- Work required: Below this line is the material. Write out only its lines from the one containing "in no tree." through the one containing "use std::marker::Model;", both kept, exactly.

- Input material:

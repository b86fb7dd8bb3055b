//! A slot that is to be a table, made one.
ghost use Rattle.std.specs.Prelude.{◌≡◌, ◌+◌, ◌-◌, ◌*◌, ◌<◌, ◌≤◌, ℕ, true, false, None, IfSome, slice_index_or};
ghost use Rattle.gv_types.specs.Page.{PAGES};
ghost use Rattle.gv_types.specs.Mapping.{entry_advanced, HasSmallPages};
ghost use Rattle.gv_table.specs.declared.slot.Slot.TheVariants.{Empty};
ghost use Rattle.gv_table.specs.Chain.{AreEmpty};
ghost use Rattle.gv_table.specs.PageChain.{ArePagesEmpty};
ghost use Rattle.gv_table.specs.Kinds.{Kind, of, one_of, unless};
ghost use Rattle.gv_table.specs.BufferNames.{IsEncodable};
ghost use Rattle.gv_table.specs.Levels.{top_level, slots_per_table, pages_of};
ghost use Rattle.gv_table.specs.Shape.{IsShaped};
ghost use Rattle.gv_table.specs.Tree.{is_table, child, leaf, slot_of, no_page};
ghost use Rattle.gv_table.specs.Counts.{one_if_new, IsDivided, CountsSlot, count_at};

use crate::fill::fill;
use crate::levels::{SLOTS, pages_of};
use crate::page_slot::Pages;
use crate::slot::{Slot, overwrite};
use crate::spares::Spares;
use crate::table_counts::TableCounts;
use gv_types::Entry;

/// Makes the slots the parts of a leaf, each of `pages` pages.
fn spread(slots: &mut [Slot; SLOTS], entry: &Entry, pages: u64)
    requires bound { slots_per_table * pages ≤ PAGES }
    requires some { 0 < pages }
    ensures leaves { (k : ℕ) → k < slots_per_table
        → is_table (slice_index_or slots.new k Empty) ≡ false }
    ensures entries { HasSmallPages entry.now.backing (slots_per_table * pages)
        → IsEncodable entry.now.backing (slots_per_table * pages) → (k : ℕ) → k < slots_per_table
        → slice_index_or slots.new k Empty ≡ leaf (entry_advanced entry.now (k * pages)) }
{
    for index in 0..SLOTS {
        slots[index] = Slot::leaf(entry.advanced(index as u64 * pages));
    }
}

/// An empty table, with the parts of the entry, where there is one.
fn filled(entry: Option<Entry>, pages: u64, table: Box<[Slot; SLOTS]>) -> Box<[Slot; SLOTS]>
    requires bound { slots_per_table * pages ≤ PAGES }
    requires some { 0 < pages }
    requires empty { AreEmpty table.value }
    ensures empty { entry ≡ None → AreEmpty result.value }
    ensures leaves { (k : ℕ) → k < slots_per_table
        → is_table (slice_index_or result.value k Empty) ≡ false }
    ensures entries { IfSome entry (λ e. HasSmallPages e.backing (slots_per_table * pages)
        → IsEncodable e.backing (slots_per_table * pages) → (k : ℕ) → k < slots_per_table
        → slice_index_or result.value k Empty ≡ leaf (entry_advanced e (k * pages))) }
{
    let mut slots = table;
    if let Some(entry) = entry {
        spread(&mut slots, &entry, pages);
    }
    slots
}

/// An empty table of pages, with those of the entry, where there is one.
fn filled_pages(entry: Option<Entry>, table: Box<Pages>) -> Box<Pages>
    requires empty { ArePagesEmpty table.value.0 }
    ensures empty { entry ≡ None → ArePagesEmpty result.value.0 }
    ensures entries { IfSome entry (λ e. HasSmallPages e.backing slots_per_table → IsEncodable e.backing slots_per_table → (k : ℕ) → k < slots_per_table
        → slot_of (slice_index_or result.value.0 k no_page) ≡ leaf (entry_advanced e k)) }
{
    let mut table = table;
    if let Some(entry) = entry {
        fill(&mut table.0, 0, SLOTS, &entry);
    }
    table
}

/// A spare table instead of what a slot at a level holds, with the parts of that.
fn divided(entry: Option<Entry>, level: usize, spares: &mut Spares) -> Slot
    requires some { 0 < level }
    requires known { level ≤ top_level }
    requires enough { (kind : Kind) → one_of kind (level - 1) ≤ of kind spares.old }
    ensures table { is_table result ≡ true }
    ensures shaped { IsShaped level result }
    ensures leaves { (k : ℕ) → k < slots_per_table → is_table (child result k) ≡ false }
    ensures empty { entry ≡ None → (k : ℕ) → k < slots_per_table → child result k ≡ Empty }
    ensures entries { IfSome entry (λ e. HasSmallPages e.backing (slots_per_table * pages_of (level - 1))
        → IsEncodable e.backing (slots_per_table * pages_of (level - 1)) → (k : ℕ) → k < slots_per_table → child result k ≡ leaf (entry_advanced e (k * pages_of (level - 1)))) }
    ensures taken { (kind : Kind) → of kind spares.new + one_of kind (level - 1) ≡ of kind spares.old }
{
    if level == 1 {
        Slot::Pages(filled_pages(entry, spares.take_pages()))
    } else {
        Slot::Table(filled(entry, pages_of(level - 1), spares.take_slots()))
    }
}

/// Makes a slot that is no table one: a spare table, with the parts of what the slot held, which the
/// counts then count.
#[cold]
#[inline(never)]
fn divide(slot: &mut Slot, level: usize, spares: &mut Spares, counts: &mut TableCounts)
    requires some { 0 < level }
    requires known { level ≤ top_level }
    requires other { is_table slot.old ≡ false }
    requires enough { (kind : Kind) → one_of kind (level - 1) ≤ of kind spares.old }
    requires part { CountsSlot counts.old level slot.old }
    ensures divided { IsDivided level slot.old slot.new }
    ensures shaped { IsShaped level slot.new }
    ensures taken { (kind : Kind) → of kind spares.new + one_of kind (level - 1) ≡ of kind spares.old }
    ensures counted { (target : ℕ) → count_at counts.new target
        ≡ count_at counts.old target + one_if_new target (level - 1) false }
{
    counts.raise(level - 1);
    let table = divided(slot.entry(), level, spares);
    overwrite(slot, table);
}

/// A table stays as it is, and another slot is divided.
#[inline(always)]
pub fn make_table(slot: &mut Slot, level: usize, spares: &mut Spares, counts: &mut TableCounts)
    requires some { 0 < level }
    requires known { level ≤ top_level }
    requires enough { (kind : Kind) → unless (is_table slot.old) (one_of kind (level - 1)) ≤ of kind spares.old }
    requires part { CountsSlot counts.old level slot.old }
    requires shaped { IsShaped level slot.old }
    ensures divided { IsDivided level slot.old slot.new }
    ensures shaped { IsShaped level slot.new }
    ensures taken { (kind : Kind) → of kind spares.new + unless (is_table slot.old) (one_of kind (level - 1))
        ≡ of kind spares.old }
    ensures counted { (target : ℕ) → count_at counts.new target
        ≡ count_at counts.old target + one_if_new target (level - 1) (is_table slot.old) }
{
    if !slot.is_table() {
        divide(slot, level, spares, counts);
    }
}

...

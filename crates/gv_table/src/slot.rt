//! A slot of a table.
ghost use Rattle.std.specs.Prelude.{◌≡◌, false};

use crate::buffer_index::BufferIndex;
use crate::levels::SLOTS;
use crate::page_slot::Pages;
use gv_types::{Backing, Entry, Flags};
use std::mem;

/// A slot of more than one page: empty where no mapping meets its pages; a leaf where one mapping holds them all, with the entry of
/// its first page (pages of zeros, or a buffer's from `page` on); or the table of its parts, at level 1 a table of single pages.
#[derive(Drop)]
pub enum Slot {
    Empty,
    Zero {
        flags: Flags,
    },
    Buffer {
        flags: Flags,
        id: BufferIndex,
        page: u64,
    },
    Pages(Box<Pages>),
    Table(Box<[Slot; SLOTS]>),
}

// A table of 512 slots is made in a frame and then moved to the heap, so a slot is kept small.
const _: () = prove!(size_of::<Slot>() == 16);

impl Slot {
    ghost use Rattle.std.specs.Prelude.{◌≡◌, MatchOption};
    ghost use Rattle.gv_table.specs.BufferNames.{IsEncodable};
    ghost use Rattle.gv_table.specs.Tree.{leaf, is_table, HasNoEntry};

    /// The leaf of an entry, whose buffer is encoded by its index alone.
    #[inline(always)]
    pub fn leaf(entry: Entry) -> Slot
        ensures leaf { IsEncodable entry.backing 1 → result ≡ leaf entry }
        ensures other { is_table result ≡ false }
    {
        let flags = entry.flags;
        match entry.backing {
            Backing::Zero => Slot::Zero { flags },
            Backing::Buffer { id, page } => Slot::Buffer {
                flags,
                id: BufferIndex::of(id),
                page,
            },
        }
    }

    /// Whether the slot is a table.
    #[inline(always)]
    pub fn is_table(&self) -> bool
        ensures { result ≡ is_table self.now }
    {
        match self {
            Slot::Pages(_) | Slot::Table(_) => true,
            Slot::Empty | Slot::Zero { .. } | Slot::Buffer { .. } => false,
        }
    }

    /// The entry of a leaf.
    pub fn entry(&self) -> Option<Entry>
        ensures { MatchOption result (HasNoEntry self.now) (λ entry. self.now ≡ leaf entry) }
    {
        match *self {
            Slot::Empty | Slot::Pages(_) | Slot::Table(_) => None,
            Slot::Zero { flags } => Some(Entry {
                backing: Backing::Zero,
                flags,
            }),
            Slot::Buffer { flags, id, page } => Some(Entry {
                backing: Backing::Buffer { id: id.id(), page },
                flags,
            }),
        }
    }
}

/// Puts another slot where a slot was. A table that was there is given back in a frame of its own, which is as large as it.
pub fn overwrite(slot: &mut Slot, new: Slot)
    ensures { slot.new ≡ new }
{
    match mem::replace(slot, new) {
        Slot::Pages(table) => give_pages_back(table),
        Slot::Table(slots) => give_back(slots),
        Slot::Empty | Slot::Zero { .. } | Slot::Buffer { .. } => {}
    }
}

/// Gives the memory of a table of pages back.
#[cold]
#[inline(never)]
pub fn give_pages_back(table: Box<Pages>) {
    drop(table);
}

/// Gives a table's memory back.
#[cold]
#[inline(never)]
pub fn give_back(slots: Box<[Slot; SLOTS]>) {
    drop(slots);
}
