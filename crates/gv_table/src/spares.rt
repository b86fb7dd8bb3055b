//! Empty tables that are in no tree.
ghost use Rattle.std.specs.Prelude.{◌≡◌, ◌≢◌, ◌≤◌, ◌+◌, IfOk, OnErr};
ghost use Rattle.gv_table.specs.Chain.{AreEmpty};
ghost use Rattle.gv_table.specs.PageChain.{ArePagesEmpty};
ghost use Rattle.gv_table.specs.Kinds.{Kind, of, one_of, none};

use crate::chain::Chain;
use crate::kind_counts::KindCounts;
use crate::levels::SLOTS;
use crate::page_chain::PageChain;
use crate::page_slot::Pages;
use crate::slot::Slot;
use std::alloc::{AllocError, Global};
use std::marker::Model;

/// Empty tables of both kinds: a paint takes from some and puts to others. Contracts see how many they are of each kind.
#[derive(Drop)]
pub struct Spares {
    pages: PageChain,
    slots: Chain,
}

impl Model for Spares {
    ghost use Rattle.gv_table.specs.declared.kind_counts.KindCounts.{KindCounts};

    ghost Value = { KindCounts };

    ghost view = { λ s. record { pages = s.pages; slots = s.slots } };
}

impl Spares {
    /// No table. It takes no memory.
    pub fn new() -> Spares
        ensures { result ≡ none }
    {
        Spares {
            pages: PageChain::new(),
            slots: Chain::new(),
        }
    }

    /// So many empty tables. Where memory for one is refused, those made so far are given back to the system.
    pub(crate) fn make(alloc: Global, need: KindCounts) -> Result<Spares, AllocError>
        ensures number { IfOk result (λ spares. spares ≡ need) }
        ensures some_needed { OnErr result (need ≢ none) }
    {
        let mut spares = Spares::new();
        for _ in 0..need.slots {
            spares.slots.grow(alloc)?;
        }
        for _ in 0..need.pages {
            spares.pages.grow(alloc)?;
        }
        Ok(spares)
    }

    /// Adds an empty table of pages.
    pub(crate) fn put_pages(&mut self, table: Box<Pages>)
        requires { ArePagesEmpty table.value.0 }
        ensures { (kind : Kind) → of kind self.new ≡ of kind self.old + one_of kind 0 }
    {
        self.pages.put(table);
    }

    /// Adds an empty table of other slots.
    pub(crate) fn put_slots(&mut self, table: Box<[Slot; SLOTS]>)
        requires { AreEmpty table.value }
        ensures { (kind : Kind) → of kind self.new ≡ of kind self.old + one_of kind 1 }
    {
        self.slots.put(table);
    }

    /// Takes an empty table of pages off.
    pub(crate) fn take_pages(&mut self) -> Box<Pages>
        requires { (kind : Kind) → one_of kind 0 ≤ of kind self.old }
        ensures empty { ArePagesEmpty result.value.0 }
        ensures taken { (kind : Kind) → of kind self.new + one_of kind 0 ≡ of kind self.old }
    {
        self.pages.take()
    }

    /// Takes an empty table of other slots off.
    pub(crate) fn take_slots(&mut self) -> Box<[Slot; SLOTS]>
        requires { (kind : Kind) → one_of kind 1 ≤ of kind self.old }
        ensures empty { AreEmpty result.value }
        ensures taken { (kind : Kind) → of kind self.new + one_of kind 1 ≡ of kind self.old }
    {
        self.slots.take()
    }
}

- Exercise result:
//! Empty tables that are in no tree.
ghost use Rattle.std.specs.Prelude.{◌≡◌, ◌≢◌, ◌≤◌, ◌+◌, IfOk, OnErr};
ghost use Rattle.gv_table.specs.Chain.{AreEmpty};
ghost use Rattle.gv_table.specs.PageChain.{ArePagesEmpty};
ghost use Rattle.gv_table.specs.Kinds.{Kind, of, one_of, none};

use crate::chain::Chain;
use crate::kind_counts::KindCounts;
use crate::levels::SLOTS;
use crate::page_chain::PageChain;
use crate::page_slot::Pages;
use crate::slot::Slot;
use std::alloc::{AllocError, Global};
use std::marker::Model;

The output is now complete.